Because their study included a control group, there are fewer threats to its internal validity. For example, it is unlikely that maturation explains differences in adolescents’ substance use because both groups of adolescents were assessed at the same point in their development. Similarly, the dropout rate of participants in both groups was roughly equal, ruling out attrition as a possible explanation for their findings. However, the use of nonequivalent groups can introduce a special threat to internal validity called selection bias.

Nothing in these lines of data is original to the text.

// The range that a text is: two numbers of holders with a hyphen between them, of which the second isn't below the first.
fn range(text: &str) -> Option<HolderRange>
    ensures is { IfSome result (IsRange text.now) }
    ensures none { result ≡ None → (range : HolderRange) → IsRange text.now range → ⊥ }
{
    let text = text.as_bytes();
    if text.len() != RANGE_SIZE || text[HYPHEN] != b'-' {
        return None;
    }
    let first = HolderNo::read(&text[..HYPHEN])?;
    let last = HolderNo::read(&text[HYPHEN + 1..])?;
    if first.number() > last.number() {
        return None;
    }
    Some(HolderRange { first, last })
}

// Where the records stand. `clap` has "false" for a `--new` that isn't there.
fn records_in(alloc: Global, matches: &ArgMatches<'_>) -> Result<Records, NoJob>
    ensures records { IfOk result (AreRecords (rows_of (found_of matches.now))) }
    ensures none { IfErr result (IsNoneSuch (AreRecords (rows_of (found_of matches.now)))) }
{
    match (value_of(matches, DB), value_of(matches, NEW)) {
        (None, Some("false")) => Ok(Records::Memory),
        (Some(path), Some("false")) => Ok(Records::File(String::from_str(alloc, path)?)),
        (Some(path), Some("true")) => Ok(Records::NewFile(String::from_str(alloc, path)?)),
        (None, Some("true")) => Err(NoJob::Wrong(missing(alloc, DB)?)),
        _ => Err(NoJob::NoMemory),
    }
}

// The path that the option has for its value.
fn file_in(alloc: Global, matches: &ArgMatches<'_>, option: OptionRow) -> Result<String, NoJob>
    ensures file { IfOk result (IsPath option.name.now (rows_of (found_of matches.now))) }
    ensures memory { IfErr result (λ e. e ≡ NoMemory) }
{
    match value_of(matches, option) {
        Some(path) => Ok(String::from_str(alloc, path)?),
        None => Err(NoJob::NoMemory),
    }
}

// Whether the flag is there. `clap` has "false" for one that isn't.
fn has_flag(matches: &ArgMatches<'_>, flag: OptionRow) -> bool
    ensures { IsFlag flag.name.now (rows_of (found_of matches.now)) result }
{
    value_of(matches, flag) == Some("true")
}

// The path of the journal, if one is kept.
fn journal_in(alloc: Global, matches: &ArgMatches<'_>) -> Result<Option<String>, NoJob>
    ensures journal { IfOk result (IsJournalPath (rows_of (found_of matches.now))) }
    ensures memory { IfErr result (λ e. e ≡ NoMemory) }
{
    match value_of(matches, JOURNAL) {
        Some(path) => Ok(Some(String::from_str(alloc, path)?)),
        None => Ok(None),
    }
}

// Where the desk is to be served.
fn listening_in(alloc: Global, matches: &ArgMatches<'_>) -> Result<Listening, NoJob>
    ensures listening { IfOk result (IsListening (rows_of (found_of matches.now))) }
    ensures none { IfErr result (IsNoneSuch (IsListening (rows_of (found_of matches.now)))) }
{
    let port = number_in(alloc, matches, PORT)?;
    let connections = number_in(alloc, matches, CONNECTIONS)?;
    let idle = idle_in(alloc, matches)?;
    Ok(Listening {
        port: port as u16,
        connections: connections as u32,
        idle: idle as u16,
    })
}

// The most seconds that a read of a connection waits.
fn idle_in(alloc: Global, matches: &ArgMatches<'_>) -> Result<u64, NoJob>
    ensures idle { IfOk result (MeansOr 2 (IsDecimal 1 3600) (first_of (codes "idle") (rows_of (found_of matches.now)))) }
    ensures none { IfErr result (IsNoneSuch (MeansOr 2 (IsDecimal 1 3600) (first_of (codes "idle") (rows_of (found_of matches.now))))) }
{
    match value_of(matches, IDLE) {
        Some(text) => number(alloc, text, IDLE),
        None => Ok(USUAL_IDLE),
    }
}

// The number that the option has for its value.
fn number_in(alloc: Global, matches: &ArgMatches<'_>, option: OptionRow) -> Result<u64, NoJob>
    ensures number { IfOk result (Means (IsWithin (bounds_of option)) (first_of option.name.now (rows_of (found_of matches.now)))) }
    ensures none { IfErr result
        (IsNoneSuch (Means (IsWithin (bounds_of option)) (first_of option.name.now (rows_of (found_of matches.now))))) }
{
    match value_of(matches, option) {
        Some(text) => number(alloc, text, option),
        None => Err(NoJob::NoMemory),
    }
}
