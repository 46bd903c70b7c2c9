//! Files of rows, read whole.
ghost use Rattle.std.specs.Prelude.{◌≡◌, ◌∷◌, ◌++◌, [], List, Ok, IfErr, OnOk, IfOk};
ghost use Rattle.csv.specs.Records.{fields_of};
ghost use Rattle.td_batch_rows.specs.Rows.{Fields, file_in, records_in, HasTaken, Tells};
ghost use Rattle.td_batch_rows.specs.Acts.{acts_in};
ghost use Rattle.std.specs.List.{AllByRecursion};
ghost use Rattle.td_batch_rows.specs.Declarations.{IsDeclaration, declarations_in};

use crate::acts::ActRow;
use crate::declarations::DeclarationRow;
use crate::fault::BatchFault;
use crate::rows::FileRow;
use csv::{ByteRecord, ReaderBuilder};
use std::alloc::Global;

/// The acts of offices in a file, in order. It is CSV under the header `message,mrn,value`, and may begin with a byte
/// order mark. The message is IE029, IE007, IE018, IE045 or IE140, and the value is what it says: the day of the limit,
/// the office, the result of the control, the ground of the write-off, and of IE140 nothing. Where one row is bad, no act
/// is read.
pub fn read_acts(alloc: Global, bytes: &[u8]) -> Result<Vec<ActRow>, BatchFault>
    ensures all { IfOk result (λ rows. acts_in bytes.now ≡ Ok rows.items) }
    ensures bad { IfErr result (Tells (acts_in bytes.now)) }
{
    read_file(alloc, bytes)
}

/// The declarations (IE015) of holders in a file, in order. It is CSV under the header
/// `holder,lrn,departure,destination,lines`, and may begin with a byte order mark. A line is `GRN:CODE:AMOUNT`, the amount
/// as in `5000.00`, and lines are joined by `;`. Where one row is bad, no declaration is read.
pub fn read_declarations(alloc: Global, bytes: &[u8]) -> Result<Vec<DeclarationRow>, BatchFault>
    ensures all { IfOk result (λ rows. declarations_in bytes.now ≡ Ok rows.items) }
    ensures bad { IfErr result (Tells (declarations_in bytes.now)) }
    ensures declarations { IfOk result (λ rows. AllByRecursion IsDeclaration rows.items) }
{
    read_file(alloc, bytes)
}

// The rows of a file, all of them, or its first bad row and column.
fn read_file<R: FileRow>(alloc: Global, bytes: &[u8]) -> Result<Vec<R>, BatchFault>
    ensures all { IfOk result (λ rows. file_in R.is_header R.row_of (records_in bytes.now) ≡ Ok rows.items) }
    ensures bad { IfErr result (Tells (file_in R.is_header R.row_of (records_in bytes.now))) }
{
    let records = ReaderBuilder::new()
        .has_headers(false)
        .flexible(true)
        .from_reader(alloc, bytes)
        .into_byte_records();
    let mut rows = Vec::new(alloc);
    let mut headed = false;
    for record in records {
        let Ok(record) = record else {
            return Err(BatchFault::NoMemory);
        };
        take_record(alloc, headed, &mut rows, &record)?;
        headed = true;
    }
    if !headed {
        return Err(BatchFault::BadCsv { row: 1, column: 0 });
    }
    Ok(rows)
}

// One record more of a file whose header was taken or not.
fn take_record<R: FileRow>(
    alloc: Global,
    headed: bool,
    rows: &mut Vec<R>,
    row: &ByteRecord,
) -> Result<(), BatchFault>
    ensures taken { (records : List Fields) → HasTaken R.is_header R.row_of headed records rows.old.items
        → OnOk result (file_in R.is_header R.row_of (records ++ fields_of row.now ∷ []) ≡ Ok rows.new.items) }
    ensures told { (records rest : List Fields) → HasTaken R.is_header R.row_of headed records rows.old.items
        → IfErr result (Tells (file_in R.is_header R.row_of (records ++ fields_of row.now ∷ rest))) }
{
    if !headed {
        return if R::is_header(row) {
            Ok(())
        } else {
            Err(BatchFault::BadCsv { row: 1, column: 0 })
        };
    }
    match R::read(alloc, row)? {
        Ok(more) => {
            if rows.push(more).is_err() {
                return Err(BatchFault::NoMemory);
            }
            Ok(())
        }
        Err(column) => Err(BatchFault::BadCsv {
            row: rows.len() as u64 + 2,
            column,
        }),
    }
}
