//! Why a file isn't read.
ghost use Rattle.std.specs.Prelude.{◌≡◌};
ghost use Rattle.td_batch_rows.specs.declared.fault.BatchFault.TheVariants.{NoMemory};

use std::alloc::AllocError;
use thiserror::Error;

/// Why a file of rows isn't read.
#[derive(Clone, Copy, Debug, PartialEq, Eq, Error)]
pub enum BatchFault {
    /// The first bad row, where the header is row 1 and an empty line is no row, and in it the first bad column, from 1.
    /// Column 0 is told of another number of columns, of another header, and of a file with no row at all.
    #[error("bad csv row {row} column {column}")]
    BadCsv { row: u64, column: u32 },
    /// Want of memory.
    #[error("no-memory")]
    NoMemory,
}

impl From<AllocError> for BatchFault {
    ghost from_gives = { λ _ e. e ≡ NoMemory };

    fn from(_error: AllocError) -> BatchFault {
        BatchFault::NoMemory
    }
}
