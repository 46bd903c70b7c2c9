//! Declarations of holders, by the columns of a row.
ghost use Rattle.std.specs.Prelude.{◌≡◌, IfOk, option_map};
ghost use Rattle.csv.specs.Records.{fields_of};
ghost use Rattle.td_batch_rows.specs.Declarations.{declaration_row, each_line, line_read, lines_read, parts_at, three_of};

use crate::rows::{FileRow, field};
use csv::ByteRecord;
use std::alloc::{AllocError, Global};
use std::marker::Model;
use td_base::{AccessCode, Cents, Grn, HolderNo, Lrn, OfficeNo};
use td_commands::{Command, Lines};
use td_movement::Line;

/// A row of a file of declarations: the command that it is.
#[derive(Debug, Drop)]
pub struct DeclarationRow {
    command: Command,
}

impl Model for DeclarationRow {
    ghost use Rattle.td_commands.specs.declared.command.Command.{Command};

    ghost Value = { Command };

    ghost view = { λ r. r.command };
}

impl DeclarationRow {
    /// The command.
    pub fn command(&self) -> &Command
        ensures { result.now ≡ self.now }
    {
        &self.command
    }
}

impl FileRow for DeclarationRow {
    ghost use Rattle.std.specs.Prelude.{◌≡◌};
    ghost use Rattle.td_batch_rows.specs.Declarations.{declaration_row, is_declarations_header};

    ghost is_header = { is_declarations_header };

    ghost row_of = { declaration_row };

    fn is_header(row: &ByteRecord) -> bool {
        row.len() == 5
            && field(row, 0) == b"holder".as_slice()
            && field(row, 1) == b"lrn".as_slice()
            && field(row, 2) == b"departure".as_slice()
            && field(row, 3) == b"destination".as_slice()
            && field(row, 4) == b"lines".as_slice()
    }

    fn read(alloc: Global, row: &ByteRecord) -> Result<Result<Self, u32>, AllocError> {
        let read = declaration_in(alloc, row)?;
        Ok(read.map(|command| DeclarationRow { command }))
    }
}

// The declaration that a row is, or the first bad column.
fn declaration_in(alloc: Global, row: &ByteRecord) -> Result<Result<Command, u32>, AllocError>
    ensures { IfOk result (λ read. read ≡ declaration_row (fields_of row.now)) }
{
    if row.len() != 5 {
        return Ok(Err(0));
    }
    let Some(holder) = HolderNo::read(field(row, 0)) else {
        return Ok(Err(1));
    };
    let Some(lrn) = Lrn::read(field(row, 1)) else {
        return Ok(Err(2));
    };
    let Some(departure) = OfficeNo::read(field(row, 2)) else {
        return Ok(Err(3));
    };
    let Some(destination) = OfficeNo::read(field(row, 3)) else {
        return Ok(Err(4));
    };
    let Some(lines) = lines_in(alloc, field(row, 4))? else {
        return Ok(Err(5));
    };
    Ok(Ok(Command::Ie015 {
        holder,
        lrn,
        departure,
        destination,
        lines,
    }))
}

// The lines that a text says, if it says those of a declaration.
fn lines_in(alloc: Global, text: &[u8]) -> Result<Option<Lines>, AllocError>
    ensures { IfOk result (λ lines. lines ≡ lines_read text.now) }
{
    match read_lines(alloc, text)? {
        Some(lines) => Ok(Lines::new(lines)),
        None => Ok(None),
    }
}

// The lines between the `;` of a text, in order, or `None` where one of them is none.
fn read_lines(alloc: Global, text: &[u8]) -> Result<Option<Vec<(Line, AccessCode)>>, AllocError>
    ensures { IfOk result (λ lines. option_map (λ v. v.items) lines ≡ each_line (parts_at 59 text.now)) }
{
    let mut lines = Vec::new(alloc);
    for part in text.split(|b| *b == b';') {
        let Some(line) = line_in(part) else {
            return Ok(None);
        };
        lines.push(line)?;
    }
    Ok(Some(lines))
}

// The line that a text says, and the access code beside it.
fn line_in(text: &[u8]) -> Option<(Line, AccessCode)>
    ensures { result ≡ line_read text.now }
{
    let (grn, code, amount) = three_parts(text)?;
    let grn = Grn::read(grn).ok()?;
    let code = AccessCode::read(code)?;
    let cents = Cents::read(amount)?;
    Some((Line { grn, cents }, code))
}

// The parts between the `:` of a text, if there are three.
fn three_parts(text: &[u8]) -> Option<(&[u8], &[u8], &[u8])>
    ensures { option_map (λ p. (p.0.now, p.1.now, p.2.now)) result ≡ three_of (parts_at 58 text.now) }
{
    let mut parts = text.split(|b| *b == b':');
    let first = parts.next()?;
    let second = parts.next()?;
    let third = parts.next()?;
    match parts.next() {
        Some(_) => None,
        None => Some((first, second, third)),
    }
}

Selection bias refers to a systematic difference between the treatment and control groups that emerges when groups are not randomly assigned. Because their study lacked random assignment, youths in the treatment and control groups were nonequivalent at the beginning of the study. It is possible that subtle differences in demographic variables, family background, or attitudes toward medication existed between the two groups at the beginning of the study. Therefore, the differences in substance use seen at the end of the study might be explained by these subtle differences rather than the medication itself.